Del lado del Canelo gritaban, más las managers que no paraban de beber: Ora cabrón pendejo, no le pegues tan fuerte a mi canelito. Y tú, pinche Canelo, no seas culero y pártele la madre de una vez. Ya probó tu golpe, gritaba otro de los espectadores, ya está herido, otro madrazo y prueba tierra el hijo de su puta madre. Mientras tanto ambos gladiadores se trenzaban como serpientes furiosas. En una de esas los dos cayeron. Y allá, en el piso, respetuosos de las reglas que impuso el referí que ya estaba más briago que una cuba, nunca se patearon aunque si se mordieron.

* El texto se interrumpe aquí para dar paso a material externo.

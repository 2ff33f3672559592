// Ground terms, patterns of rules, and substitutions. Every crate that matches, evaluates or
// rewrites depends on this one.
//
// A `Term` is a shared tree that is always normal. Its height is at most `MAX_HEIGHT`. Contracts
// see it as a plain `Tree` (specs/Terms.antt). Contracts see a `RulePat` as a plain `Pattern`.
// `instance` replaces the variables of a pattern by the terms of a substitution and returns the
// normal form (specs/Patterns.antt). Each time another crate looks at the head of a term, one step
// is counted.
#![tactic(auto)]

mod ids;
mod instances;
mod rule_patterns;
mod steps;
mod subst;
mod terms;
mod values;

pub use ids::{HookNo, SortId, SymId};
pub use instances::{fits_within, instance, is_instance};
pub use rule_patterns::{RulePat, pattern_of};
pub use steps::Steps;
pub use subst::Subst;
pub use terms::{MAX_HEIGHT, Term, View};
pub use values::{NoValue, Scalar, Value};
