impl Expected {
    ghost use Rattle.kore_text.specs.Stacks.{stack, Expands, Steps, is_nil};

    /// The stack of these symbols. The first of them is the next.
    pub(crate) fn new(alloc: Global, symbols: &[Symbol]) -> Result<Expected, AllocError>
        ensures { IfOk result (λ e. stack e ≡ symbols.now) }
    {
        let mut expected = Expected {
            symbols: Vec::new(alloc),
        };
        expected.put(symbols)?;
        Ok(expected)
    }

    /// Whether the text may end here.
    pub(crate) fn can_end(&self) -> bool
        ensures { result ≡ can_end (stack self.now) }
    {
        for i in (0..self.symbols.len()).rev() {
            if !self.symbols[i].is_empty() {
                return false;
            }
        }
        true
    }

    /// Whether no symbol is to come.
    pub(crate) fn is_done(&self) -> bool
        ensures { result ≡ is_nil (stack self.now) }
    {
        self.symbols.is_empty()
    }

    /// Takes a token and returns whether it fits. If it does not fit, the stack is left in an
    /// unspecified state.
    pub(crate) fn take(&mut self, word: &LexedToken<'_>) -> Result<bool, AllocError>
        requires { word.now.kind ≢ End }
        ensures { IfOk result (λ yes. Steps yes
            (step (stack self.old) (token_of word.now.kind word.now.bytes.now)) (stack self.new)) }
    {
        while let Some(symbol) = self.symbols.pop() {
            if !symbol.is_left_out(word) {
                return self.expand(symbol, word);
            }
        }
        Ok(false)
    }

    /// Puts these symbols in front of the stack.
    fn put(&mut self, symbols: &[Symbol]) -> Result<(), AllocError>
        ensures { OnOk result (stack self.new ≡ symbols.now ++ stack self.old) }
    {
        for i in (0..symbols.len()).rev() {
            self.symbols.push(symbols[i])?;
        }
        Ok(())
    }

    /// Puts these symbols in front of the stack if the token fits. Returns whether it fits.
    fn put_where(&mut self, fits: bool, symbols: &[Symbol]) -> Result<bool, AllocError>
        ensures { IfOk result
            (λ yes. Expands yes (when fits symbols.now) (stack self.old) (stack self.new)) }
    {
        if fits {
            self.put(symbols)?;
        }
        Ok(fits)
    }

    /// Puts in front of the stack what comes after this token of the symbol, if the token fits the
    /// symbol. Returns whether it fits.
    #[tactic(auto, unfolding(crate::specs::Table::turn))]
    fn expand(&mut self, symbol: Symbol, word: &LexedToken<'_>) -> Result<bool, AllocError>
        requires { word.now.kind ≢ End }
        ensures { IfOk result
            (λ yes. Expands yes (turn symbol (token_of word.now.kind word.now.bytes.now))
            (rest_of symbol (token_of word.now.kind word.now.bytes.now) (stack self.old))
            (stack self.new)) }
    {
        match symbol {
            Symbol::Mark(byte) => self.put_where(word.is_mark(byte), &[]),
            Symbol::Name => self.put_where(word.is_name(), &[]),
            Symbol::Where => self.put_where(word.is_word(b"where"), &[]),
            Symbol::Assign => self.put_where(word.is_assign(), &[]),
            Symbol::Text => self.put_where(word.is_text(), &[]),
            Symbol::Sort => self.put_where(word.is_name(), &[Symbol::SortTail]),
            Symbol::SortTail => self.put_where(word.is_mark(b'{'), &SORTS),
            Symbol::Pattern(strings) => self.pattern(strings, word),
            Symbol::PatternTail(strings) => self.pattern_tail(strings, word),
            Symbol::Variable(set) => self.variable(set, word),
            Symbol::Folded(strings) => self.folded_some(strings, word),
            Symbol::EmptyFolded => { self.folded(word, &[Symbol::Mark(b'('), Symbol::Mark(b')')]) }
            Symbol::First(item, close) => self.first(item, close, word),
            Symbol::More(item, close) => self.more(item, close, word),
            Symbol::Attributes => self.put_where(word.is_mark(b'['), &ATTRIBUTES),
            Symbol::Names => self.put_where(word.is_mark(b'{'), &NAMES),
            Symbol::Signature => self.put_where(word.is_mark(b'('), &SIGNATURE),
            Symbol::Declarations => self.declaration(word),
            Symbol::Module => self.put_where(word.is_word(b"module"), &MODULE),
            Symbol::Modules => self.put_where(word.is_word(b"module"), &MODULES),
        }
    }

    /// Takes the first token of a pattern.
    fn pattern(&mut self, strings: bool, word: &LexedToken<'_>) -> Result<bool, AllocError>
        ensures { IfOk result (λ yes. Expands yes
            (pattern_move strings (token_of word.now.kind word.now.bytes.now)) (stack self.old)
            (stack self.new)) }
    {
        match word.kind {
            TokenKind::Ident => self.put_where(true, &[Symbol::PatternTail(strings)]),
            TokenKind::SetIdent => self.put_where(true, &[Symbol::Mark(b':'), Symbol::Sort]),
            TokenKind::Text => self.put_where(strings, &[]),
            TokenKind::Builtin => match Built::of_name(word.behind_first()) {
                Some(built) => {
                    self.built(strings, built)?;
                    Ok(true)
                }
                None => Ok(false),
            },
            _ => Ok(false),
        }
    }

    /// Puts what comes after a built-in name.
    fn built(&mut self, strings: bool, built: Built) -> Result<(), AllocError>
        ensures { OnOk result (stack self.new ≡ built_symbols strings built ++ stack self.old) }
    {
        match built {
            Built::Connective(op) => self.connective(strings, op),
            Built::Binding(binder) => self.binding(strings, binder),
            Built::Value => self.put(&[
                Symbol::Mark(b'{'),
                Symbol::Sort,
                Symbol::Mark(b'}'),
                Symbol::Mark(b'('),
                Symbol::Text,
                Symbol::Mark(b')'),
            ]),
            Built::Fold(_) => self.put(&[
                Symbol::Mark(b'{'),
                Symbol::Mark(b'}'),
                Symbol::Mark(b'('),
                Symbol::Folded(strings),
                Symbol::Mark(b')'),
            ]),
        }
    }

    /// Puts what comes after the name of a connective.
    #[tactic(auto, using(crate::proofs::StackLaws::exactly_append))]
    fn connective(&mut self, strings: bool, op: Op) -> Result<(), AllocError>
        ensures { OnOk result
            (stack self.new ≡ built_symbols strings (Connective op) ++ stack self.old) }
    {
        match op.arguments() {
            None => self.put(&[Symbol::First(Item::Pattern(strings), Close::Paren)])?,
            Some(count) => self.exactly(Symbol::Pattern(strings), Close::Paren, count)?,
        }
        self.put(&[Symbol::Mark(b'(')])?;
        self.exactly(Symbol::Sort, Close::Brace, op.sorts())?;
        self.put(&[Symbol::Mark(b'{')])
    }

    /// Puts what comes after the name of a binder.
    #[tactic(auto, using(crate::proofs::StackLaws::exactly_append))]
    fn binding(&mut self, strings: bool, binder: Binder) -> Result<(), AllocError>
        ensures { OnOk result
            (stack self.new ≡ built_symbols strings (Binding binder) ++ stack self.old) }
    {
        self.put(&[
            Symbol::Mark(b'('),
            Symbol::Variable(binder.binds_sets()),
            Symbol::Mark(b','),
            Symbol::Pattern(strings),
            Symbol::Mark(b')'),
        ])?;
        self.exactly(Symbol::Sort, Close::Brace, binder.sorts())?;
        self.put(&[Symbol::Mark(b'{')])
    }

    /// Puts a list of exactly `count` items of a symbol, from the token after its opening bracket.
    #[tactic(auto, using(crate::proofs::StackLaws::exactly_first, crate::proofs::StackLaws::exactly_more))]
    fn exactly(&mut self, symbol: Symbol, close: Close, count: usize) -> Result<(), AllocError>
        ensures { OnOk result (stack self.new ≡ exactly symbol close count (stack self.old)) }
    {
        self.put(&[Symbol::Mark(close.byte())])?;
        for i in 0..count {
            if i > 0 {
                self.put(&[Symbol::Mark(b',')])?;
            }
            self.put(&[symbol])?;
        }
        Ok(())
    }

    /// Takes the token after a name that begins a pattern.
    fn pattern_tail(&mut self, strings: bool, word: &LexedToken<'_>) -> Result<bool, AllocError>
        ensures { IfOk result (λ yes. Expands yes
            (pattern_tail_move strings (token_of word.now.kind word.now.bytes.now)) (stack self.old)
            (stack self.new)) }
    {
        match word.kind {
            TokenKind::Punct(b':') => self.put_where(true, &[Symbol::Sort]),
            TokenKind::Punct(byte) => self.put_where(
                byte == b'{',
                &[
                    Symbol::First(Item::Sort, Close::Brace),
                    Symbol::Mark(b'('),
                    Symbol::First(Item::Pattern(strings), Close::Paren),
                ],
            ),
            _ => Ok(false),
        }
    }

    /// Takes the name of a variable.
    fn variable(&mut self, set: bool, word: &LexedToken<'_>) -> Result<bool, AllocError>
        ensures { IfOk result (λ yes. Expands yes
            (variable_move set (token_of word.now.kind word.now.bytes.now)) (stack self.old)
            (stack self.new)) }
    {
        let fits = if set {
            word.is_set_name()
        } else {
            word.is_name()
        };
        self.put_where(fits, &[Symbol::Mark(b':'), Symbol::Sort])
    }

    /// Takes the head of a folded application that has at least one argument.
    fn folded_some(&mut self, strings: bool, word: &LexedToken<'_>) -> Result<bool, AllocError>
        ensures { IfOk result (λ yes. Expands yes
            (folded_move (folded_arguments strings) (token_of word.now.kind word.now.bytes.now))
            (stack self.old) (stack self.new)) }
    {
        self.folded(
            word,
            &[
                Symbol::Mark(b'('),
                Symbol::Pattern(strings),
                Symbol::More(Item::Pattern(strings), Close::Paren),
            ],
        )
    }

    /// Takes the head of a folded application. These symbols come for its arguments.
    fn folded(&mut self, word: &LexedToken<'_>, arguments: &[Symbol]) -> Result<bool, AllocError>
        ensures { IfOk result (λ yes. Expands yes
            (folded_move arguments.now (token_of word.now.kind word.now.bytes.now)) (stack self.old)
            (stack self.new)) }
    {
        match word.kind {
            TokenKind::Ident => {
                self.put(arguments)?;
                self.put(&[Symbol::Mark(b'{'), Symbol::First(Item::Sort, Close::Brace)])?;
                Ok(true)
            }
            TokenKind::Builtin => match Built::of_name(word.behind_first()) {
                Some(Built::Connective(op)) if op.is_associative() => {
                    self.put(arguments)?;
                    self.put(&[Symbol::Mark(b'{'), Symbol::Sort, Symbol::Mark(b'}')])?;
                    Ok(true)
                }
                _ => Ok(false),
            },
            _ => Ok(false),
        }
    }

    /// Takes the token after the opening bracket of a list.
    fn first(&mut self, item: Item, close: Close, word: &LexedToken<'_>) -> Result<bool, AllocError>
        ensures { IfOk result (λ yes. Expands yes (if is_mark (byte_of close)
            (token_of word.now.kind word.now.bytes.now) then Some []
            else item_move item (token_of word.now.kind word.now.bytes.now))
            (rest_of (First item close) (token_of word.now.kind word.now.bytes.now)
            (stack self.old)) (stack self.new)) }
    {
        if word.is_mark(close.byte()) {
            return Ok(true);
        }
        self.put(&[Symbol::More(item, close)])?;
        match item {
            Item::Name => self.put_where(word.is_name(), &[]),
            Item::Sort => self.put_where(word.is_name(), &[Symbol::SortTail]),
            Item::Pattern(strings) => self.pattern(strings, word),
        }
    }

    /// Takes the token after an item of a list.
    fn more(&mut self, item: Item, close: Close, word: &LexedToken<'_>) -> Result<bool, AllocError>
        ensures { IfOk result (λ yes. Expands yes
            (if is_mark (byte_of close) (token_of word.now.kind word.now.bytes.now) then Some []
            else when (is_mark 44 (token_of word.now.kind word.now.bytes.now))
            (symbol_of item ∷ More item close ∷ [])) (stack self.old) (stack self.new)) }
    {
        if word.is_mark(close.byte()) {
            return Ok(true);
        }
        self.put_where(
            word.is_mark(b','),
            &[item.symbol(), Symbol::More(item, close)],
        )
    }

    /// Takes the keyword of a declaration, or `endmodule`.
    fn declaration(&mut self, word: &LexedToken<'_>) -> Result<bool, AllocError>
        ensures { IfOk result (λ yes. Expands yes
            (declarations_move (token_of word.now.kind word.now.bytes.now)) (stack self.old)
            (stack self.new)) }
    {
        match word.kind {
            TokenKind::Ident => self.declared(word.bytes),
            _ => Ok(false),
        }
    }

    /// Puts what comes after the keyword of a declaration, or after `endmodule`. Returns false if
    /// the name is no such keyword.
    fn declared(&mut self, name: &[u8]) -> Result<bool, AllocError>
        ensures { IfOk result
            (λ yes. Expands yes (word_move name.now) (stack self.old) (stack self.new)) }
    {
        if name == b"endmodule".as_slice() {
            self.put_where(true, &END)
        } else if name == b"import".as_slice() {
            self.put_where(true, &IMPORT)
        } else if name == b"sort".as_slice() || name == b"hooked-sort".as_slice() {
            self.put_where(true, &SORT)
        } else if name == b"symbol".as_slice() || name == b"hooked-symbol".as_slice() {
            self.put_where(true, &SYMBOL)
        } else if name == b"alias".as_slice() {
            self.put_where(true, &ALIAS)
        } else if name == b"axiom".as_slice() || name == b"claim".as_slice() {
            self.put_where(true, &STATEMENT)
        } else {
            Ok(false)
        }
    }
}
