// The tokens of a text, each with its bytes.

ghost use Rattle.std.specs.Prelude.{◌≡◌, ◌≢◌, ◌≤◌, ◌<◌, ◌-◌, ◌^◌, length, take, drop};
ghost use Rattle.kore_text.specs.TokenStream.{token_stream};

use kore_lex::{Lexer, TokenKind};
use std::marker::Model;

/// What comes next in a text.
#[derive(Clone, Copy)]
pub enum Next<'a> {
    /// A token of this kind, at this byte, with these bytes. The kind is never `End`.
    Token(TokenKind, u32, &'a [u8]),
    /// The end of the text, at this byte.
    End(u32),
    /// Something that is no token, at this byte.
    Fault(u32),
}

/// A text of which some tokens were taken. A contract sees the text and the byte up to which it was
/// taken.
#[derive(Drop)]
pub struct Tokens<'a> {
    lexer: Lexer<'a>,
    text: &'a [u8],
}

impl<'a> Model for Tokens<'a> {
    ghost use Rattle.std.specs.Prelude.{◌≡◌};
    ghost use Rattle.kore_lex.specs.Unread.{Unread};

    ghost Value = { Unread };

    ghost view = { λ t. t.lexer };

    ghost invariant = { λ t. t.lexer.text ≡ t.text.now };
}

impl<'a> Tokens<'a> {
    ghost use Rattle.kore_text.specs.Remaining.{left, Comes};

    /// The tokens of the whole text, which has fewer than 2^32 bytes.
    pub fn new(text: &'a [u8]) -> Tokens<'a>
        requires { length text.now < 2 ^ 32 }
        ensures { left result ≡ token_stream text.now }
    {
        Tokens {
            lexer: Lexer::new(text),
            text,
        }
    }

    /// Another view of the same text, at the same place. The two are independent.
    pub fn fork(&self) -> Tokens<'a>
        ensures { result ≡ self.now }
    {
        Tokens {
            lexer: self.lexer.fork(),
            text: self.text,
        }
    }

    /// Takes the next token and returns it. It allocates nothing. Reading the whole text takes time
    /// linear in its length.
    pub fn next(&mut self) -> Next<'a>
        ensures { Comes result (left self.old) (left self.new) }
    {
        match self.lexer.next() {
            Err(fault) => Next::Fault(fault.at),
            Ok(token) => match token.kind {
                TokenKind::End => Next::End(token.from),
                kind => Next::Token(
                    kind,
                    token.from,
                    &self.text[token.from as usize..token.to as usize],
                ),
            },
        }
    }
}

Supe que el primer round no llegaría a su final si alguno de los dos no era noqueado, por lo que decidí esperar. De pronto vi que el boxeador local empezó a sangrar de la boca, tenía la cara pálida y empezaba a huir del Canelo que estaba intacto. Ahora sí papito, gritó su manager esposa, te vas a comer estos meloncitos, y se descubrió los senos blancos y algo flácidos. En eso todo mundo olvidó a los peleadores y empezó a gritarle piropos obscenos a la provocadora, desde luego incitados por el aguardiente que bebían, pues se sabe que los indígenas son todos muy respetuosos. Cuando el Canelo notó el escandalo que había armado su adorable esposa, se volvió para reprenderla bajando su guardia y quedando a merced del otro. Aquel ni tardo ni perezoso lo cazó, y como dijeran allá por la costa, le soltó tremendo vergazo en la quijada que hizo que el Canelo como pájaro herido fuera a dar al agua y sin meter la mano. De allá lo sacaron entre varios porque, según oí, quedó inconsciente cuando su cabeza chocó contra las piedras y no por el golpe que le propinó el otro. Para mi fue al revés. Cuando llegó al agua iba más muerto que vivo.

Entonces vino el grito de júbilo por parte de los que apoyaban al peleador local que para en ese momento, discreto él, buscaba a gatas el diente que perdió en la lucha. Cuando el Canelo reaccionó el referí preguntó si continuaría en la pelea, pero aquel dijo que no, aunque enfatizó que no era por miedo, sino porque de pronto le empezó a doler la cabeza y un poco el oído. Que le dieran el premio al otro, dijo. Su esposa, emocionada hasta las lágrimas, gritó: Este es mi hombre. Y luego, con un gesto sensual: Tranquilo papito, tu lo madreaste, mira nomás como lo dejaste, parece Jesús crucificado con esos moretones, y hasta le tiraste un diente. El Canelo sólo asintió mientras se limpiaba la sangre que emanaba de su nariz y de la cabeza.

Como ya no quisieron pelear, el referí dijo, como si fuera un párroco: Hermanos, que bueno que todo terminó con bien y nadie salió lastimado. Recuerden que esto es deporte y lo hacemos en festejo al niñito fundador, así que a seguir divirtiéndose.

En ese momento decidí alejarme del lugar y continuar con mi recorrido, no fuera ser que me invitaran a subirme al ring e inmolar un par de dientes a la estatua aquella que tenía las facciones de niño pícaro. Subí al coche, pero antes de acelerar busqué con la mirada a los boxeadores. El peleador local bebía de una botella de aguardiente, mientras que el otro bebía coronita. Ambos se tallaban la cara y la nariz, mientras reían. Es la forma de pagar los pecados inmundos, pensé mientras me alejaba.